PROBLEM DESCRIPTION:
What lines of the data hold the string "claims"? Pull each one out.

Stored data:
*** Block opens ***
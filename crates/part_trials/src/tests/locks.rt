// Each public call once.
use drop_lock::{LockFault, Locks};
use mail_base::{Name, NodeNo, Ticket};
use std::test::Fail;

// Whether the answer is that this ticket holds the lock.
fn names(answer: &Result<(), LockFault>, holder: Ticket) -> bool {
    match answer {
        Err(LockFault::InUse(by)) => *by == holder,
        Err(LockFault::NoMemory) => false,
        Ok(()) => false,
    }
}

#[test]
fn lets_one_ticket_in(rt: HostRuntime) -> Result<(), Fail> {
    let Ok(alice) = Name::read(rt.alloc(), b"alice") else {
        panic!(rt; "no name");
    };
    let Some(node) = NodeNo::new(3) else {
        panic!(rt; "no node");
    };
    let first = Ticket::new(node, 1, 1);
    let second = Ticket::new(node, 1, 2);
    let mut locks = Locks::new(rt.alloc());
    assert!(rt; locks.holder(&alice).is_none());
    assert!(rt; locks.take(&alice, first).is_ok());
    assert!(rt; locks.take(&alice, first).is_ok());
    assert!(rt; names(&locks.take(&alice, second), first));
    locks.release(&alice, second);
    assert!(rt; locks.holder(&alice) == Some(first));
    locks.release(&alice, first);
    assert!(rt; locks.take(&alice, second).is_ok());
    locks.clear();
    assert!(rt; locks.holder(&alice).is_none());
    Ok(())
}
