// Why a group refuses.
use std::alloc::AllocError;

/// Why a group refuses what it hears.
#[derive(Clone, Copy, Debug, PartialEq, Eq)]
pub enum GroupFault {
    /// The epoch is below the promise, or not above the one that is installed.
    OldEpoch,
    /// The membership does not name the node in its boot.
    NotMember,
    /// The epoch is above the promise.
    NotPromised,
    /// No group of that epoch is open.
    NotAGroup,
    /// Out of memory.
    NoMemory,
}

impl From<AllocError> for GroupFault {
    ghost use Rattle.std.specs.Prelude.{◌≡◌};
    ghost use Rattle.membership.specs.declared.fault.GroupFault.TheVariants.{NoMemory};

    ghost from_gives = { λ _ e. e ≡ NoMemory };

    fn from(_: AllocError) -> GroupFault {
        GroupFault::NoMemory
    }
}
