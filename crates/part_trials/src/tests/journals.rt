// A journal over disks that fail and tear, opened again.
ghost use Rattle.std.specs.Prelude.{◌≡◌, IfSome, []};

use disk_journal::{Journal, JournalFault, Place};
use io_edge::{Disk, PlainDisk};
use mail_base::NodeNo;
use node_disk::{Image, MemoryDisk};
use std::alloc::Global;
use std::test::Fail;

/// The payload of a Boot record of boot 1.
const BOOT: [u8; 5] = [1, 0, 0, 0, 1];

/// The journal of node 1 with that record.
const WITH_BOOT: [u8; 27] =
    *b"PORCUPN1\x00\x01\x00\x00\x00\x00\x00\x00\xA5\x00\x00\x00\x05\x01\x00\x00\x00\x01\x00";

/// Creates a journal, and appends the record of a boot.
fn create_with_boot<D: Disk>(alloc: Global, disk: &mut D) -> Result<Journal, JournalFault>
    requires { IfSome (D.seen disk.old) (λ held. held ≡ []) }
{
    let node = NodeNo::new(1).unwrap();
    let mut journal = Journal::create(alloc, disk, node)?;
    journal.append(alloc, disk, &BOOT, &[])?;
    Ok(journal)
}

/// Appends `mail` to that journal.
fn append_mail<D: Disk>(alloc: Global, disk: &mut D) -> Result<Place, JournalFault> {
    let (mut journal, _) = Journal::open(alloc, disk, NodeNo::new(1).unwrap())?;
    journal.append(alloc, disk, b"ma", b"il")
}

/// How many records the disk's journal has, and the octets of the last, as far as there are four.
fn records<D: Disk>(alloc: Global, disk: &mut D) -> Result<(usize, [u8; 4]), JournalFault> {
    let (journal, places) = Journal::open(alloc, disk, NodeNo::new(1).unwrap())?;
    let mut found = [0; 4];
    if let Some(place) = places.last() {
        journal.read(disk, *place, 0, &mut found)?;
    }
    Ok((places.len(), found))
}

#[test]
fn a_journal_is_created_and_appended_to(rt: HostRuntime) -> Result<(), Fail> {
    let alloc = rt.alloc();
    let mut disk = PlainDisk::new(alloc);
    assert!(rt; Journal::create(alloc, &mut disk, NodeNo::new(1).unwrap()).is_ok());
    assert_eq!(rt;
        disk.octets.as_slice(),
        b"PORCUPN1\x00\x01\x00\x00\x00\x00\x00\x00\x00".as_slice()
    );

    let mut disk = PlainDisk::new(alloc);
    assert!(rt; create_with_boot(alloc, &mut disk).is_ok());
    assert_eq!(rt; disk.octets.as_slice(), WITH_BOOT.as_slice());
    assert_eq!(rt; records(alloc, &mut disk), Ok((1, [1, 0, 0, 0])));
    assert!(rt; append_mail(alloc, &mut disk).is_ok());
    assert_eq!(rt; records(alloc, &mut disk), Ok((2, *b"mail")));
    Ok(())
}

/// How many records there are after an append of which this call fails, and a restart that leaves this image; and what
/// the last record holds after one append more, with the number of records then.
fn survivors(
    alloc: Global,
    call: u64,
    image: Image,
) -> Result<(usize, (usize, [u8; 4])), JournalFault> {
    let mut disk = MemoryDisk::new(alloc);
    disk.fail_at(call)?;
    disk.leave(image)?;
    create_with_boot(alloc, &mut disk)?;
    if append_mail(alloc, &mut disk).is_ok() {
        return Err(JournalFault::NotAJournal);
    }
    disk.restart()?;
    let (left, _) = records(alloc, &mut disk)?;
    append_mail(alloc, &mut disk)?;
    Ok((left, records(alloc, &mut disk)?))
}

#[test]
fn the_record_stands_or_not_whatever_fails(rt: HostRuntime) -> Result<(), Fail> {
    let images = [
        Image::Nothing,
        Image::Front(1),
        Image::All,
        Image::Garbage(0xA5),
        Image::Garbage(0),
    ];
    let without = Ok((1, (2, *b"mail")));
    let with = Ok((2, (3, *b"mail")));
    // The four calls of the second append, which come after a creation of two calls, an append of four and an opening of five.
    for (call, wanted) in [
        (12, [without; 5]),
        (13, [without; 5]),
        (14, [without, with, with, with, without]),
        (15, [without, with, with, with, without]),
    ] {
        for (image, wanted) in images.into_iter().zip(wanted) {
            let found = survivors(rt.alloc(), call, image);
            assert_eq!(rt; found, wanted, "at {call}, {image:?}");
        }
    }
    Ok(())
}

#[test]
fn a_journal_of_any_length_is_opened_or_not(rt: HostRuntime) -> Result<(), Fail> {
    let alloc = rt.alloc();
    let mut whole = Vec::from_slice(alloc, &WITH_BOOT)?;
    whole.extend_from_slice(b"xyz")?;
    for length in 0..=30 {
        let octets = Vec::from_slice(alloc, &whole[..length])?;
        let mut disk = PlainDisk { octets };
        let wanted = if length < 27 {
            Err(JournalFault::NotAJournal)
        } else {
            Ok((1, [1, 0, 0, 0]))
        };
        assert_eq!(rt; records(alloc, &mut disk), wanted, "{length} octets");
        assert_eq!(rt; disk.octets.len(), length);
    }
    Ok(())
}

#[test]
fn what_is_no_journal_is_refused(rt: HostRuntime) -> Result<(), Fail> {
    let alloc = rt.alloc();
    let mut disk = PlainDisk::new(alloc);
    assert!(rt; create_with_boot(alloc, &mut disk).is_ok());
    let second = Journal::open(alloc, &mut disk, NodeNo::new(2).unwrap()).map(|opened| opened
        .0
        .gate());
    assert_eq!(rt; second, Err(JournalFault::NotAJournal));
    let payload = vec![in alloc; 0; 16_842_753]?;
    let (mut journal, _) = match Journal::open(alloc, &mut disk, NodeNo::new(1).unwrap()) {
        Ok(opened) => opened,
        Err(_) => return Err(Fail::new("opened")),
    };
    let large = journal
        .append(alloc, &mut disk, &payload, &[])
        .map(|place| place.at);
    assert_eq!(rt; large, Err(JournalFault::TooLarge));
    Ok(())
}

/// The journal that the document of formats shows, of a cluster of one node that stored one message.
const EXAMPLE: [u8; 239] = *b"PORCUPN1\x00\x01\x00\x00\x00\x00\x00\x00\
\xA5\x00\x00\x00\x05\x01\x00\x00\x00\x01\
\xA5\x00\x00\x00\xA5\x03\x01\x00\x00\x00\x01\x00\x00\x00\x00\x00\x00\x00\x01\
Return-Path: <bob@b.example>\r\n\
Received: from c.example\r\n\
\x20by node1 with SMTP id <1.1.1@node1>;\r\n\
\x20Thu, 01 Jan 1970 00:00:00 +0000\r\n\
Subject: hi\r\n\r\nhello\r\n\
\xA5\x00\x00\x00\x25\x04\x02\x05alice\x01\x00\x00\x00\x01\x00\x00\x00\x00\x00\x00\x00\x01\
\x01\x00\x00\x00\x00\x00\x00\x00\x01\x00\x00\x00\x01\x01\x00\x01\x00";

#[test]
fn the_example_of_the_formats_is_opened(rt: HostRuntime) -> Result<(), Fail> {
    let alloc = rt.alloc();
    let octets = Vec::from_slice(alloc, &EXAMPLE)?;
    let mut disk = PlainDisk { octets };
    let Ok((journal, places)) = Journal::open(alloc, &mut disk, NodeNo::new(1).unwrap()) else {
        return Err(Fail::new("not opened"));
    };
    assert_eq!(rt; journal.gate(), 238);
    assert_eq!(rt; places.len(), 3);
    for (place, wanted) in places.iter().zip([(21, 5), (31, 165), (201, 37)]) {
        assert_eq!(rt; (place.at, place.length), wanted);
    }
    let Some(message) = places.get(1) else {
        return Err(Fail::new("no message"));
    };
    let mut found = [0; 11];
    assert_eq!(rt; journal.read(&mut disk, *message, 14, &mut found), Ok(11));
    assert_eq!(rt; found, *b"Return-Path");
    Ok(())
}
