// A mailbox as its messages come and go.
use mail_base::{Ids, MsgId, Name, NodeNo};
use mailbox_fragment::Fragments;
use std::test::Fail;

// The message 7.1.SEQ, or 7.2.SEQ where it is of the second boot.
fn message(boot: u32, seq: u64) -> Option<MsgId> {
    MsgId::new(NodeNo::new(7)?, boot, seq)
}

// Whether these three are listed in this order, and no others.
fn are_three(ids: &Ids, first: MsgId, second: MsgId, third: MsgId) -> bool {
    match ids.as_slice() {
        [a, b, c] => *a == first && *b == second && *c == third,
        _ => false,
    }
}

#[test]
fn lists_in_order_and_flips(rt: HostRuntime) -> Result<(), Fail> {
    let Ok(alice) = Name::read(rt.alloc(), b"alice") else {
        panic!(rt; "no name");
    };
    let Ok(bob) = Name::read(rt.alloc(), b"bob") else {
        panic!(rt; "no name");
    };
    let (Some(first), Some(second), Some(later)) = (message(1, 9), message(1, 10), message(2, 1))
    else {
        panic!(rt; "no ids");
    };
    let mut fragments = Fragments::new(rt.alloc());
    assert!(rt; fragments.is_empty(&alice));
    assert!(rt; fragments.set(&alice, later, false) == Ok(false));
    assert!(rt; fragments.set(&alice, later, true) == Ok(true));
    assert!(rt; fragments.set(&alice, later, true) == Ok(false));
    assert!(rt; fragments.set(&alice, second, true) == Ok(false));
    assert!(rt; fragments.set(&alice, first, true) == Ok(false));
    assert!(rt; fragments.is_empty(&bob));
    let Ok(ids) = fragments.list(&alice) else {
        panic!(rt; "out of memory");
    };
    assert!(rt; are_three(&ids, first, second, later));
    assert!(rt; fragments.set(&alice, first, false) == Ok(false));
    assert!(rt; fragments.set(&alice, later, false) == Ok(false));
    assert!(rt; fragments.set(&alice, second, false) == Ok(true));
    assert!(rt; fragments.set(&alice, second, false) == Ok(false));
    assert!(rt; fragments.is_empty(&alice));
    Ok(())
}
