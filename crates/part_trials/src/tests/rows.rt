// Rows as they are told, and what installs keep of them.
use mail_base::{EpochId, MapRow, Member, Name, NodeNo, NodeSet, Row, Secret, Stamp, UserMap};
use mail_map::MailMap;
use std::alloc::Global;
use std::test::Fail;

fn alice(alloc: Global) -> Option<Name> {
    match Name::read(alloc, b"alice") {
        Ok(name) => Some(name),
        Err(_) => None,
    }
}

fn row_of(alloc: Global, node: u8, boot: u32, version: u64, full: bool) -> Option<Row> {
    Some(Row {
        user: alice(alloc)?,
        node: NodeNo::new(node)?,
        boot,
        version,
        full,
        profile: None,
    })
}

// Tells the row; nothing where that fails.
fn told(
    alloc: Global,
    map: &mut MailMap,
    node: u8,
    boot: u32,
    version: u64,
    full: bool,
) -> Option<bool> {
    let row = row_of(alloc, node, boot, version, full)?;
    match map.tell(&row) {
        Ok(taken) => Some(taken),
        Err(_) => None,
    }
}

// A member that comes from the first epoch of node 1.
fn member(node: u8, boot: u32) -> Option<Member> {
    Some(Member::new(NodeNo::new(node)?, boot, EpochId::new(4, 1)))
}

fn names_two(alloc: Global, map: &MailMap) -> Option<bool> {
    let members = [member(2, 1)?];
    Some(map.named(&alice(alloc)?, &members).has(NodeNo::new(2)?))
}

// Each digit tells a row of version 1, full; 2, empty; 3, full; or 3 again, empty. Then `+` says that the row that stands is
// full, and `-` that it is empty; and all begins anew.
fn agrees(alloc: Global, table: &[u8]) -> Option<bool> {
    let mut map = MailMap::new(alloc);
    for x in table {
        match *x {
            b'1' => {
                told(alloc, &mut map, 2, 1, 1, true)?;
            }
            b'2' => {
                told(alloc, &mut map, 2, 1, 2, false)?;
            }
            b'3' => {
                told(alloc, &mut map, 2, 1, 3, true)?;
            }
            b'4' => {
                told(alloc, &mut map, 2, 1, 3, false)?;
            }
            sign => {
                if names_two(alloc, &map)? != (sign == b'+') {
                    return Some(false);
                }
                map = MailMap::new(alloc);
            }
        }
    }
    Some(true)
}

#[test]
fn the_latest_row_stands_in_any_order(rt: HostRuntime) -> Result<(), Fail> {
    let table =
        b"1234-1243+1324-1342-1423+1432+2134-2143+2314-2341-2413+2431+3124-3142-3214-3241-3412-3421-4123+4132+4213+4231+4312+4321+";
    assert!(rt; agrees(rt.alloc(), table) == Some(true));
    let mut map = MailMap::new(rt.alloc());
    assert!(rt; told(rt.alloc(), &mut map, 2, 1, 3, true) == Some(true));
    assert!(rt; told(rt.alloc(), &mut map, 2, 1, 2, false) == Some(false));
    assert!(rt; told(rt.alloc(), &mut map, 2, 2, 1, false) == Some(true));
    assert!(rt; names_two(rt.alloc(), &map) == Some(true));
    Ok(())
}

// A map of one bucket, which this node manages.
fn map_of(alloc: Global, manager: u8) -> Option<UserMap> {
    let mut rows = Vec::new(alloc);
    match rows.push(MapRow::new(NodeNo::new(manager)?, EpochId::new(4, 1))) {
        Ok(()) => Some(UserMap::from_rows(rows)),
        Err(_) => None,
    }
}

// Who is named once node 1 has installed a map, where nodes 2, 3 and 4 told full rows in boot 1. Of the members node 3 has
// begun another boot, and node 4 comes from another epoch.
fn named_after(alloc: Global, old: &UserMap, new: &UserMap) -> Option<NodeSet> {
    let mut map = MailMap::new(alloc);
    told(alloc, &mut map, 2, 1, 1, true)?;
    told(alloc, &mut map, 3, 1, 1, true)?;
    told(alloc, &mut map, 4, 1, 1, true)?;
    let stranger = Member::new(NodeNo::new(4)?, 1, EpochId::new(3, 1));
    let members = [member(1, 1)?, member(2, 1)?, member(3, 2)?, stranger];
    map.install(
        NodeNo::new(1)?,
        Some(old),
        new,
        EpochId::new(4, 1),
        &members,
    );
    let all = [member(1, 1)?, member(2, 1)?, member(3, 1)?, member(4, 1)?];
    Some(map.named(&alice(alloc)?, &all))
}

#[test]
fn installs_keep_rows_of_the_same_boot_and_epoch(rt: HostRuntime) -> Result<(), Fail> {
    let (Some(mine), Some(other)) = (map_of(rt.alloc(), 1), map_of(rt.alloc(), 2)) else {
        panic!(rt; "out of memory");
    };
    let Some(kept) = named_after(rt.alloc(), &mine, &mine) else {
        panic!(rt; "out of memory");
    };
    assert!(rt; kept.mask() == 2);
    let Some(left) = named_after(rt.alloc(), &mine, &other) else {
        panic!(rt; "out of memory");
    };
    assert!(rt; left.mask() == 0);
    let Some(come) = named_after(rt.alloc(), &other, &mine) else {
        panic!(rt; "out of memory");
    };
    assert!(rt; come.mask() == 0);
    Ok(())
}

fn with_profile(alloc: Global, node: u8, count: u64, octets: &[u8]) -> Option<Row> {
    let Ok(Some(secret)) = Secret::read(alloc, octets) else {
        return None;
    };
    Some(Row {
        user: alice(alloc)?,
        node: NodeNo::new(node)?,
        boot: 1,
        version: 1,
        full: false,
        profile: Some((Stamp::new(count, 1, 1), secret)),
    })
}

#[test]
fn the_greatest_profile_is_found(rt: HostRuntime) -> Result<(), Fail> {
    let Some(user) = alice(rt.alloc()) else {
        panic!(rt; "no name");
    };
    let mut map = MailMap::new(rt.alloc());
    assert!(rt; map.profile(&user).is_none());
    let (Some(first), Some(second), Some(third)) = (
        with_profile(rt.alloc(), 1, 5, b"oak"),
        with_profile(rt.alloc(), 2, 7, b"elm"),
        with_profile(rt.alloc(), 3, 7, b"ash"),
    ) else {
        panic!(rt; "out of memory");
    };
    assert!(rt; map.tell(&first) == Ok(true));
    assert!(rt; map.tell(&second) == Ok(true));
    assert!(rt; map.tell(&third) == Ok(true));
    let Some((stamp, secret)) = map.profile(&user) else {
        panic!(rt; "no profile");
    };
    assert!(rt; stamp == Stamp::new(7, 1, 1));
    assert!(rt; secret.octets() == b"elm".as_slice());
    Ok(())
}
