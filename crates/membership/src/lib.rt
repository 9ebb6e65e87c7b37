//! membership: how nodes form an epoch in three rounds, as one node sees it.
//!
//! SUMMARY
//!
//! A `Group` is what a node keeps of epochs: what it has promised and heard, the group that it has open,
//! and the epoch that it has installed.
//!
//! DESCRIPTION
//!
//! In the first round a node opens a group of a new epoch (`start_group`) and asks all others. In the
//! second each node that has promised no greater epoch promises this one (`hear_group`) and joins with
//! its boot, the epoch that it comes from and the buckets that it manages (`claims`); the first node
//! adds the joins (`hear_join`). In the third the first node makes members of those who joined
//! (`conclude`), and each of them installs the epoch (`hear_install`).
//!
//! Each call's contract is a relation by cases on its answer (`specs/Rounds.antt`), and the laws say
//! that each case is the rule of the machine in `maps_model`. From there it follows that all memberships
//! of one epoch are equal.
//!
//! REFUSES
//!
//! - `hear_group`: `OldEpoch` where the epoch is below the promise.
//! - `hear_join`, `conclude`: `NotAGroup` where no group of that epoch is open, or none at all.
//! - `hear_install`: the first that applies of `OldEpoch`, where the epoch is below the promise or not
//!   above the installed one; `NotPromised`, where it is above the promise; `NotMember`, where the node
//!   is not named in its boot.
//!
//! A refusal leaves the group as it was; so does `NoMemory`.
//!
//! STANDS ON
//!
//! `user_map` for the map of an epoch, `mail_base` for members and claims, `maps_model` for the rules.
//!
//! WHAT IT DOES NOT DO
//!
//! It sends no letters and writes no disk: a promise has to be on the disk before its node speaks of it.
//! It knows nothing of rows and marks.
#![tactic(auto)]

mod epochs;
mod fault;
mod group;
mod install;
pub mod laws;
mod opened;

pub use fault::GroupFault;
pub use group::Group;
pub use install::Install;
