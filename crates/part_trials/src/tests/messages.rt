// Messages that are filed and fetched, over a disk in memory.
use disk_journal::{Journal, Place};
use io_edge::PlainDisk;
use mail_base::{MsgId, NodeNo};
use message_store::{MessageStore, StoreFault};
use std::test::Fail;

// The id 1.1.N.
fn id_of(seq: u64) -> Option<MsgId> {
    MsgId::new(NodeNo::new(1)?, 1, seq)
}

#[test]
fn files_and_fetches(rt: HostRuntime) -> Result<(), Fail> {
    let (Some(node), Some(first), Some(second)) = (NodeNo::new(1), id_of(1), id_of(2)) else {
        panic!(rt; "no ids");
    };
    let mut disk = PlainDisk::new(rt.alloc());
    let Ok(mut journal) = Journal::create(rt.alloc(), &mut disk, node) else {
        panic!(rt; "no journal");
    };
    let mut store = MessageStore::new(rt.alloc());
    assert!(rt;
        store
            .file(rt.alloc(), &mut journal, &mut disk, first, b"hello")
            .is_ok()
    );
    assert!(rt; journal.gate() == 40);
    assert!(rt;
        store
            .file(rt.alloc(), &mut journal, &mut disk, first, b"other")
            .is_ok()
    );
    assert!(rt;
        journal.gate() == 40 && store.length(first) == Some(5) && store.length(second).is_none()
    );
    let mut into = [0; 4];
    for (from, count, octets) in [
        (0, 4, b"hell"),
        (3, 2, b"loll"),
        (5, 0, b"loll"),
        (9, 0, b"loll"),
    ] {
        assert!(rt; store.fetch(&journal, &mut disk, first, from, &mut into) == Ok(count));
        assert!(rt; into == *octets, "from {from}");
    }
    assert!(rt; store.fetch(&journal, &mut disk, second, 0, &mut into) == Err(StoreFault::NotHere));
    Ok(())
}

#[test]
fn finds_what_was_filed_before(rt: HostRuntime) -> Result<(), Fail> {
    let (Some(node), Some(first), Some(second)) = (NodeNo::new(1), id_of(1), id_of(2)) else {
        panic!(rt; "no ids");
    };
    let mut disk = PlainDisk::new(rt.alloc());
    let Ok(mut journal) = Journal::create(rt.alloc(), &mut disk, node) else {
        panic!(rt; "no journal");
    };
    let mut before = MessageStore::new(rt.alloc());
    assert!(rt;
        before
            .file(rt.alloc(), &mut journal, &mut disk, first, b"hello")
            .is_ok()
    );
    let mut store = MessageStore::new(rt.alloc());
    store.found(first, Place { at: 21, length: 19 })?;
    store.found(first, Place { at: 22, length: 18 })?;
    store.found(second, Place { at: 21, length: 19 })?;
    let mut into = [0; 5];
    assert!(rt;
        store.fetch(&journal, &mut disk, first, 0, &mut into) == Ok(5) && into == *b"hello"
    );
    assert!(rt;
        store.fetch(&journal, &mut disk, second, 0, &mut into) == Err(StoreFault::NotAJournal)
    );
    Ok(())
}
*** Block closes ***
YOUR SOLUTION:
//! its boot, the epoch that it comes from and the buckets that it manages (`claims`); the first node
//! `user_map` for the map of an epoch, `mail_base` for members and claims, `maps_model` for the rules.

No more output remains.